Being the largest financial service market in the world, Wall Street has been taking advantage of the positive momentum in the global economy and setting new trends. It is estimated that banking, finance, and insurance together generated total revenues of $4.73 trillion in 2020. Combined, financial services and insurance employed more than 7.3 million people at the end of last year.
Over the past year, financial stocks often outperformed the broad market, offering investors an average return of 83.3% that is much higher compared to the Russell 1000 index. While 2020 was recognized by stimulus funding, low interest rates, and credit concerns, 2021 will presumably see a revival of the U.S. economy.
Financial service stocks were among the hardest-hit investment instruments during the pandemic. But, here are three stocks that managed to recover and have the potential to help your portfolio generate better returns.

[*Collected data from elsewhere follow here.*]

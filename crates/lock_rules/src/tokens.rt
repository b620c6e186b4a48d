//! The tokens of a pass at rest and of one in the queue, one each for all four locks. Neither has a slot in hand, or names the type of the
//! value.
ghost use Rattle.std.specs.Prelude.{◌≡◌, []};
ghost use Rattle.lock_rules.specs.Rows.{IsRowOf};
ghost use Rattle.lock_rules.specs.Tokens.{IsSeated, view_of, badge_place, badge_waiting};
ghost use Rattle.lock_rules.specs.Views.{IsPlain, IsTold, mark_of};
ghost use Rattle.lock_rules.specs.declared.view.Phase.TheVariants.{Idle, Queued};

use crate::token::{Placed, Queueing};
use crate::view::View;
use atomic_table::{Badge, Seat};

/// A pass that isn't in use. `mark` is the number by which the lock's words name it, where they do: its number, its node (CLH), or its
/// last ticket.
#[derive(Drop)]
pub struct Pass {
    pub badge: Badge<View>,
    pub mark: u64,
    pub ghost idle: { IsSeated Idle badge },
    pub ghost marked: { mark ≡ mark_of (view_of badge) },
}

/// A pass in the queue. `predecessor` is the word that its swap of the tail found; it is 0 in a Ticket lock.
#[derive(Drop)]
pub struct Queue {
    pub badge: Badge<View>,
    pub mark: u64,
    pub predecessor: u64,
    pub ghost queued: { IsSeated Queued badge },
    pub ghost marked: { mark ≡ mark_of (view_of badge) },
    pub ghost behind: { predecessor ≡ (view_of badge).predecessor },
}

impl Placed for Pass {
    ghost place = { λ p. badge_place p.badge };

    ghost entries = { λ p. (view_of p.badge).entries };
}

impl Queueing for Queue {
    ghost waiting = { λ q. badge_waiting q.badge };
}

impl Pass {
    /// The pass of an idle seat and its mark.
    pub fn of<V>(seat: Seat<Option<V>, View>, mark: u64) -> Pass
        requires idle { seat.me.0.phase ≡ Idle }
        requires plain { IsPlain seat.me.0 }
        requires told { IsTold seat.me.0 }
        requires row { IsRowOf seat.me.0 seat.table_id }
        requires empty { seat.me.1 ≡ [] }
        requires marked { mark ≡ mark_of seat.me.0 }
        ensures table { result.badge.table_id ≡ seat.table_id }
        ensures view { view_of result.badge ≡ seat.me.0 }
        ensures mark { result.mark ≡ mark }
    {
        let badge = seat.into_badge();
        Pass { badge, mark }
    }

    /// The seat of the pass, and its mark.
    pub fn into_parts<V>(self) -> (Seat<Option<V>, View>, u64)
        ensures table { result.0.table_id ≡ self.badge.table_id }
        ensures view { result.0.me ≡ (view_of self.badge, []) }
        ensures mark { result.1 ≡ mark_of (view_of self.badge) }
    {
        let Pass { badge, mark } = self;
        (badge.into_seat(), mark)
    }
}

impl Queue {
    /// The token of a queued seat, its mark, and that of the pass before it.
    pub fn of<V>(seat: Seat<Option<V>, View>, mark: u64, predecessor: u64) -> Queue
        requires queued { seat.me.0.phase ≡ Queued }
        requires plain { IsPlain seat.me.0 }
        requires told { IsTold seat.me.0 }
        requires row { IsRowOf seat.me.0 seat.table_id }
        requires empty { seat.me.1 ≡ [] }
        requires marked { mark ≡ mark_of seat.me.0 }
        requires behind { predecessor ≡ seat.me.0.predecessor }
        ensures table { result.badge.table_id ≡ seat.table_id }
        ensures view { view_of result.badge ≡ seat.me.0 }
        ensures marks { (result.mark ≡ mark) × (result.predecessor ≡ predecessor) }
    {
        let badge = seat.into_badge();
        Queue {
            badge,
            mark,
            predecessor,
        }
    }

    /// The seat of the pass, its mark and its predecessor.
    pub fn into_parts<V>(self) -> (Seat<Option<V>, View>, u64, u64)
        ensures table { result.0.table_id ≡ self.badge.table_id }
        ensures view { result.0.me ≡ (view_of self.badge, []) }
        ensures mark { result.1 ≡ mark_of (view_of self.badge) }
        ensures predecessor { result.2 ≡ (view_of self.badge).predecessor }
    {
        let Queue {
            badge,
            mark,
            predecessor,
        } = self;
        (badge.into_seat(), mark, predecessor)
    }
}
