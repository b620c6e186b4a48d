//! The edge of the program: sources of bytes, sinks for bytes, and the faults that they count.
//!
//! A source or a sink answers `Failed` only where it has raised its own count of faults, so code that is generic
//! over them cannot make up a fault.
#![tactic(auto)]

mod faults;
mod memory_sink;
mod memory_source;
mod reading;
mod sink;
mod source;
mod standard;
mod writing;

pub use faults::{Failed, ReadAllFault, Stopped};
pub use memory_sink::{MemSink, SureSink};
pub use memory_source::{MemSource, SureSource};
pub use out_of_memory::OutOfMemory;
pub use reading::read_all;
pub use sink::Sink;
pub use source::Source;
pub use standard::{StdSink, StdSource};
pub use writing::write_all;
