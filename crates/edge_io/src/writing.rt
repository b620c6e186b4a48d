//! Writing bytes to a sink.
ghost use Rattle.std.specs.Prelude.{◌≡◌, ◌≤◌, ◌<◌, ◌⊎◌, length, take, IfErr, OnErr, OnOk};
ghost use Rattle.edge_io.specs.Counts.{Rose};
ghost use Rattle.edge_io.specs.Contents.{Gains, FallsBy, IsSpent};

use crate::{Sink, Stopped};

/// Writes bytes to a sink until it has taken them all, handing it all that is left each time. `Stopped` where a
/// write failed or the sink took no more; it then holds the first `written` bytes, fewer than all.
pub fn write_all<K: Sink>(sink: &mut K, bytes: &[u8]) -> Result<(), Stopped>
    ensures held { OnOk result (Gains (K.held sink.old) (K.held sink.new) bytes.now) }
    ensures room { OnOk result (FallsBy (length bytes.now) (K.room sink.old) (K.room sink.new)) }
    ensures faults_stay { OnOk result (K.faults sink.new ≡ K.faults sink.old) }
    ensures stalls_stay { OnOk result (K.stalls sink.new ≡ K.stalls sink.old) }
    ensures cut_short { IfErr result (λ stopped. stopped.written < length bytes.now) }
    ensures prefix { IfErr result (λ stopped. Gains (K.held sink.old) (K.held sink.new) (take stopped.written bytes.now)) }
    ensures room_left { IfErr result (λ stopped. FallsBy stopped.written (K.room sink.old) (K.room sink.new)) }
    ensures cause { OnErr result (Rose (K.faults sink.old) (K.faults sink.new) ⊎ Rose (K.stalls sink.old) (K.stalls sink.new)) }
    ensures full { OnErr result (Rose (K.faults sink.old) (K.faults sink.new) ⊎ IsSpent (K.room sink.new)) }
    ensures faults_never_fall { K.faults sink.old ≤ K.faults sink.new }
    ensures stalls_never_fall { K.stalls sink.old ≤ K.stalls sink.new }
{
    let mut written = 0;
    while written < bytes.len() {
        match sink.write(&bytes[written..]) {
            Ok(0) => return Err(Stopped { written }),
            Ok(count) => written += count,
            Err(_) => return Err(Stopped { written }),
        }
    }
    Ok(())
}
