//! The token of a pass that leaves, which is one for all four locks.
ghost use Rattle.std.specs.Prelude.{◌≡◌, false};
ghost use Rattle.lock_rules.specs.Hands.{is_full, keeps_slot, phase_left};
ghost use Rattle.lock_rules.specs.Rows.{IsRowOf};
ghost use Rattle.lock_rules.specs.Views.{IsPlain, mark_of};

use crate::view::View;
use atomic_table::Seat;

/// A pass that leaves, and may not be used again yet. One of MCS still holds: it has the slot in hand, with the value back in it. One of
/// Hemlock has an empty hand, and its grant isn't known to be cleared. The release of the others is done with its first call, so they give
/// none; theirs are of a pass that has left, because the contract of a call that takes one must be met by some call. `mark` is the number
/// by which the lock's words name the pass.
#[derive(Drop)]
pub struct Leave<V> {
    pub seat: Seat<Option<V>, View>,
    pub mark: u64,
    pub ghost leaves: { seat.me.0.phase ≡ phase_left seat.me.0.algorithm },
    pub ghost plain: { IsPlain seat.me.0 },
    pub ghost silent: { seat.me.0.announced ≡ false },
    pub ghost row: { IsRowOf seat.me.0 seat.table_id },
    pub ghost hand: { keeps_slot seat.me.0.algorithm ≡ is_full seat.me.1 },
    pub ghost marked: { mark ≡ mark_of seat.me.0 },
}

JPMorgan Chase (NYSE: JPM) is the largest US bank in terms of asset value. At the current price, the company’s stock is a good value investment since it has appreciated more than three-fold from the beginning of 2010 to the end of 2020. JPMorgan has performed better than its peers during recessions and the trend was maintained during the pandemic also.
The New York-based investment bank reported strong first-quarter results as the management released $5.2 billion of credit loss reserves. The stock is expected to get a further boost from the planned $30-billion share buyback. Analysts expect JPMorgan’s earnings to grow 30% this year.
With a market value of around $463.5 billion, JPMorgan is considered a one-stop financial shop. The company’s earnings continue to benefit from the improving macro conditions. Together, these factors make the stock a good buy.
Credit card giant Visa (NYSE: V), which operates the world’s largest payment network, finished the second half of 2020 with a solid 20.7% gain on the stock exchange.
The San Francisco-based payment services provider has gained more than 60% on Wall Street since last year. The impact of the Covid-19 crisis caused a 5% y-o-y drop in 2020. The company recently shared its first-quarter results of 2021 wherein the net revenue was at $5.7 billion. Amid expectations that the U.S. economy would rebound, Visa’s revenue is seen rising 7% this year to $23 billion.
The company’s P.E multiple rose to 40x from 32x last year, which means it has a good potential to grow in the future.
S&P Global (NYSE: SPGI) is probably the biggest contender for the Best Financial Stock title. Its market intelligence business has been consistently growing, and it tends to do well in down markets at a time when investors seek more information and data. The market value of the New York-based financial information and analytics company more than tripled in the past five years. In February, S&P Global reported its 2020 financial results. Full-year revenue moved up 11% to $7.44 billion, while net income rose 10% to $2.34 billion.
Recently, the company entered into a merger agreement with IHS Markit — the stock-for-stock transaction is expected to close in the third quarter of 2021. S&P Global has recorded double-digit annualized earnings growth and strong operating margins of over 50% over the past 10 years, while IHS Markit brings $4.8 billion of debt.